Why Do People Grade and Segregate Their Friends?

Friends - Friends shouldn't be segregated.
@Darkwing (21583)
March 18, 2008 3:15pm CST
I have a friend, who has a 360 page, and quite a number of friends. These friends are from all walks of life, I know, but why does Yahoo give you the opportunity to grade and segregate your friends? What does this achieve in your estimation? I have had a long-standing, close friendship with this particular friend, who has done just this and segregated their friends in their Yahoo 360 Blog. Admittedly, I am amongst the family and close friends group, but why do the others need to be segregated? I don't get it! The way I see it, if you have a close friend, you like to get to know their friends too, right? I get so frustrated sometimes. I do think they're all members of a group this friend belongs to, but just the same, I don't feel I need secrets to be kept from me by someone so close, and neither do the other friends. I mentioned this only once, and wasn't given an answer but suddenly found myself in the same group as family and very close friends, so that was a step in the right direction. Should I ask for more?
2 people like this
3 responses
25 Mar 08
I don't know why but Yahoo must be at fault allowing it. It must cause friction between friends when that happens. Have you thought of mentioning it to Yahoo? A friend is a friend in my book and there shouldn't be any secrets kept from any of them.
@Darkwing (21583)
26 Mar 08
Yes, I think perhaps they encourage people to segregate their friends and perhaps they should alter it. Maybe I'll drop them a suggestion. I agree with your sentiments about friends. Brightest Blessings.
2 people like this
@gabs8513 (48686)
• United Kingdom
27 Mar 08
I think you should give it a bit of time and then maybe say something again at least the Friend realized that they where in the wrong To me my Close Friends are in my close Friends and Family and you know that is what you are to me I am not getting any Notifications on your Discussions I think you need to contact mylot on this Love you and a big Hug
1 person likes this
@Darkwing (21583)
27 Mar 08
Yes, maybe I should. I have been grouped with other close friends recently, but I still feel a bit alienated. It seems a lot of people aren't getting notifications to my discussions, and I'm not getting notification of theirs. Strange, but I seem to have a whole new group of peeps responding. A lot of my longer standing friends seem to be absent. Ok... maybe I'll contact Mylot. Brightest Blessings, love and hugs. xxxx
1 person likes this
@gabs8513 (48686)
• United Kingdom
27 Mar 08
I think you need to I have done a Discussion about your Notifications not coming through and that I found new Discussions on your Profile so I am hoping anyone that is on mine and your List will take Note Love and Hugs to you xxxx I have started quite a few and I wondered why you have not been to at least one
@Darkwing (21583)
28 Mar 08
I did write to them yesterday but haven't heard anything yet.
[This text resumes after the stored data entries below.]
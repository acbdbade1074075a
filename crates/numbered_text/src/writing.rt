//! A content by number that stands for a text.

ghost use Rattle.std.specs.Prelude.{◌≡◌, ◌<◌, ◌≤◌, ◌^◌, ◌++◌, ◌∷◌, ◌-ℤ◌, [], Ok, IfOk, OnOk};
ghost use Rattle.std.specs.Prelude.{OnErr, length, true, false};
ghost use Rattle.wire.specs.Spelling.{uvarint, varint};
ghost use Rattle.labels.specs.Contents.{is_time};
ghost use Rattle.name_table.specs.Names.{number_of, BeginWith};
ghost use Rattle.numbered_text.specs.Each.{each_at, many_at};
ghost use Rattle.numbered_text.specs.Reading.{is_numbered, name_at, plain_of, run_at, sample_at};
ghost use Rattle.numbered_text.specs.Writing.{Writes};

use crate::error::NumberError;
use crate::parts::Time;
use crate::reading::{count_of, label_of, push_text};
use labels::is_time;
use name_table::NameTable;
use std::alloc::{AllocError, Global};
use wire::{Cut, put_bytes, put_u8, put_uvarint};

/// A content is not written by number where it would be longer than this.
const MAX_CONTENT: usize = 0x400_0000;

/// Names a label set that has no number, and appends its text.
fn name(
    alloc: Global,
    out: &mut Vec<u8>,
    names: &mut NameTable,
    label: &[u8],
) -> Result<(), AllocError>
    requires { number_of label.now names.old ≡ length names.old }
    ensures ok { OnOk result ((out.new.items ≡ out.old.items ++ label.now)
        × (names.new ≡ names.old ++ label.now ∷ [])) }
    ensures begins { BeginWith names.old names.new }
{
    put_bytes(out, label)?;
    names.push(Vec::from_slice(alloc, label)?)
}

/// Appends the number of a label set, and the label set if it is new.
fn put_number(
    alloc: Global,
    out: &mut Vec<u8>,
    names: &mut NameTable,
    label: &[u8],
) -> Result<(), AllocError>
    ensures old { OnOk result (number_of label.now names.old < length names.old
        → (out.new.items ≡ out.old.items ++ uvarint (number_of label.now names.old))
        × (names.new ≡ names.old)) }
    ensures new { OnOk result (number_of label.now names.old ≡ length names.old
        → (out.new.items ≡ out.old.items ++ (uvarint (length names.old) ++ label.now))
        × (names.new ≡ names.old ++ label.now ∷ [])) }
    ensures small { number_of label.now names.old < 2 ^ 64 }
    ensures begins { BeginWith names.old names.new }
{
    let number = names.number_of(label);
    put_uvarint(out, number as u64)?;
    if number < names.len() {
        return Ok(());
    }
    name(alloc, out, names, label)
}

/// Writes the label set in front by its number.
fn number_label<'a>(
    alloc: Global,
    out: &mut Vec<u8>,
    names: &mut NameTable,
    bytes: &'a [u8],
) -> Result<&'a [u8], NumberError>
    ensures ok { IfOk result (λ rest. Writes name_at names.old names.new bytes.now rest.now
        out.old.items out.new.items) }
    ensures begins { BeginWith names.old names.new }
{
    let (label, rest) = label_of(bytes)?;
    put_number(alloc, out, names, label)?;
    Ok(rest)
}

/// How much later a time is.
fn step(before: Time, time: i64) -> i64
    requires before { is_time before ≡ true }
    requires time { is_time time ≡ true }
    ensures { result ≡ time -ℤ before }
{
    time - before.at()
}

/// The time and the value in front, and the bytes after them.
fn sample_of(bytes: &[u8]) -> Result<(i64, i64, &[u8]), NumberError>
    ensures { IfOk result (λ x. bytes.now ≡ varint x.0 ++ (varint x.1 ++ x.2.now)) }
{
    let mut cut = Cut::new(bytes);
    let time = cut.varint().or(Err(NumberError::Field))?;
    let value = cut.varint().or(Err(NumberError::Field))?;
    Ok((time, value, cut.rest()))
}

/// Writes the sample in front by how much later it is.
fn number_sample<'a>(
    out: &mut Vec<u8>,
    time: &mut Time,
    bytes: &'a [u8],
) -> Result<&'a [u8], NumberError>
    requires { is_time time.old ≡ true }
    ensures ok { IfOk result (λ rest. Writes sample_at time.old time.new bytes.now rest.now
        out.old.items out.new.items) }
    ensures dated { is_time time.new ≡ true }
{
    let (at, value, rest) = sample_of(bytes)?;
    if !is_time(at) {
        return Err(NumberError::Bounds);
    }
    push_text(out, step(*time, at), value)?;
    *time = Time::new(at);
    Ok(rest)
}

fn number_each_sample<'a>(
    out: &mut Vec<u8>,
    time: &mut Time,
    bytes: &'a [u8],
    count: u64,
) -> Result<&'a [u8], NumberError>
    requires { is_time time.old ≡ true }
    ensures ok { IfOk result (λ rest. Writes (each_at sample_at count) time.old time.new bytes.now
        rest.now out.old.items out.new.items) }
    ensures dated { is_time time.new ≡ true }
{
    let mut rest = bytes;
    for counter in 0..count {
        let after = number_sample(out, time, rest)?;
        rest = after;
    }
    Ok(rest)
}

fn number_samples<'a>(
    out: &mut Vec<u8>,
    time: &mut Time,
    bytes: &'a [u8],
) -> Result<&'a [u8], NumberError>
    requires { is_time time.old ≡ true }
    ensures ok { IfOk result (λ rest. Writes (many_at sample_at) time.old time.new bytes.now
        rest.now out.old.items out.new.items) }
    ensures dated { is_time time.new ≡ true }
{
    let (count, rest) = count_of(bytes)?;
    put_uvarint(out, count)?;
    number_each_sample(out, time, rest, count)
}

fn number_run<'a>(
    alloc: Global,
    out: &mut Vec<u8>,
    names: &mut NameTable,
    time: &mut Time,
    bytes: &'a [u8],
) -> Result<&'a [u8], NumberError>
    requires { is_time time.old ≡ true }
    ensures ok { IfOk result (λ rest. Writes run_at (names.old, time.old) (names.new, time.new)
        bytes.now rest.now out.old.items out.new.items) }
    ensures dated { is_time time.new ≡ true }
    ensures begins { BeginWith names.old names.new }
{
    let rest = number_label(alloc, out, names, bytes)?;
    number_samples(out, time, rest)
}

fn number_each_run<'a>(
    alloc: Global,
    out: &mut Vec<u8>,
    names: &mut NameTable,
    time: &mut Time,
    bytes: &'a [u8],
    count: u64,
) -> Result<&'a [u8], NumberError>
    requires { is_time time.old ≡ true }
    ensures ok { IfOk result (λ rest. Writes (each_at run_at count) (names.old, time.old)
        (names.new, time.new) bytes.now rest.now out.old.items out.new.items) }
    ensures begins { BeginWith names.old names.new }
{
    let mut rest = bytes;
    for counter in 0..count {
        let after = number_run(alloc, out, names, time, rest)?;
        rest = after;
    }
    Ok(rest)
}

fn number_runs<'a>(
    alloc: Global,
    out: &mut Vec<u8>,
    names: &mut NameTable,
    time: &mut Time,
    bytes: &'a [u8],
) -> Result<&'a [u8], NumberError>
    requires { is_time time.old ≡ true }
    ensures ok { IfOk result (λ rest. Writes (many_at run_at) (names.old, time.old)
        (names.new, time.new) bytes.now rest.now out.old.items out.new.items) }
    ensures begins { BeginWith names.old names.new }
{
    let (count, rest) = count_of(bytes)?;
    put_uvarint(out, count)?;
    number_each_run(alloc, out, names, time, rest, count)
}

/// A batch by number, of the bytes after the kind of its text.
fn number_batch(alloc: Global, names: &mut NameTable, bytes: &[u8]) -> Result<Vec<u8>, NumberError>
    ensures ok { IfOk result (λ text. plain_of names.old text.items
        ≡ Ok (1 ∷ bytes.now, names.new)) }
    ensures short { IfOk result (λ text. length text.items ≤ 2 ^ 26) }
    ensures begins { BeginWith names.old names.new }
{
    let mut out = Vec::new(alloc);
    put_u8(&mut out, 4)?;
    let mut time = Time::new(0);
    let rest = number_runs(alloc, &mut out, names, &mut time, bytes)?;
    if rest.len() > 0 {
        return Err(NumberError::Rest);
    }
    if out.len() > MAX_CONTENT {
        return Err(NumberError::Bounds);
    }
    Ok(out)
}

/// A content that stands for a text by the names that there are: by number if the text is that of a
/// batch, and if no more than 2^26 bytes stand for it so; else the text itself. A text that begins
/// as a content by number has none.
pub fn numbered_text(
    alloc: Global,
    names: &mut NameTable,
    text: &[u8],
) -> Result<Vec<u8>, AllocError>
    requires { is_numbered text.now ≡ false }
    // It is read as the text, and the names that are read then are those that there are then.
    ensures stands { IfOk result (λ content. plain_of names.old content.items
        ≡ Ok (text.now, names.new)) }
    // It is longer than 2^26 bytes only where the text is.
    ensures short { IfOk result (λ content. length text.now ≤ 2 ^ 26
        → length content.items ≤ 2 ^ 26) }
    // After an `Err` the names are as they were.
    ensures err { OnErr result (names.new ≡ names.old) }
    ensures begins { BeginWith names.old names.new }
{
    let count = names.len();
    if let [1, rest @ ..] = text {
        match number_batch(alloc, names, rest) {
            Ok(content) => return Ok(content),
            Err(_) => names.forget(count),
        }
    }
    Vec::from_slice(alloc, text)
}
As for yours, when I've done this horde of responses, I'll go check through them. It seems a shame that we have to respond so late though, doesn't it? You're not the only one I'm not getting by quite a long chalk, but I am getting one or two. I find that strange, but there you go... perhaps they'll find something amiss there. Amongst my list are Raydene, Mummymo, Weemam, Rozanne, Maddysmommy, and perhaps some of the newer ones, so I'm not sure where the fault is... with just me, or with several. We'll just have to wait and see. xxxx
@tessah (6617)
• United States
27 Mar 08
not everyone on someones "friends" list is actually a friend. sometimes theyre business associates, other times its people you just met that yer getting to know, etc. makes it easier to remember who people are if you can categorize them, i think anyway. does it really matter where yer listed..?
1 person likes this
@Darkwing (21583)
28 Mar 08
True, but I know "of" these other friends, and they're not business associates, nor are the casual acquaintances. No, it's not the end of the world because I'm actually listed with family and close friends, but I do feel that secrets are being kept from me, or that perhaps I'm not trusted with these other friends. Why is that? Is he purporting to be somebody he isn't, or is that another side of him which even his closest friends don't know about? Is it that he doesn't trust his family and closest friends not to blow his cover? Come on... wouldn't you feel just a tad upset if you thought you were honest and open, yet not trusted by a close friend? There's one thing I do know and that's that we all have similar beliefs and could indeed, help each other along life's path, so all this beats me. Brightest Blessings and thank you for your participation.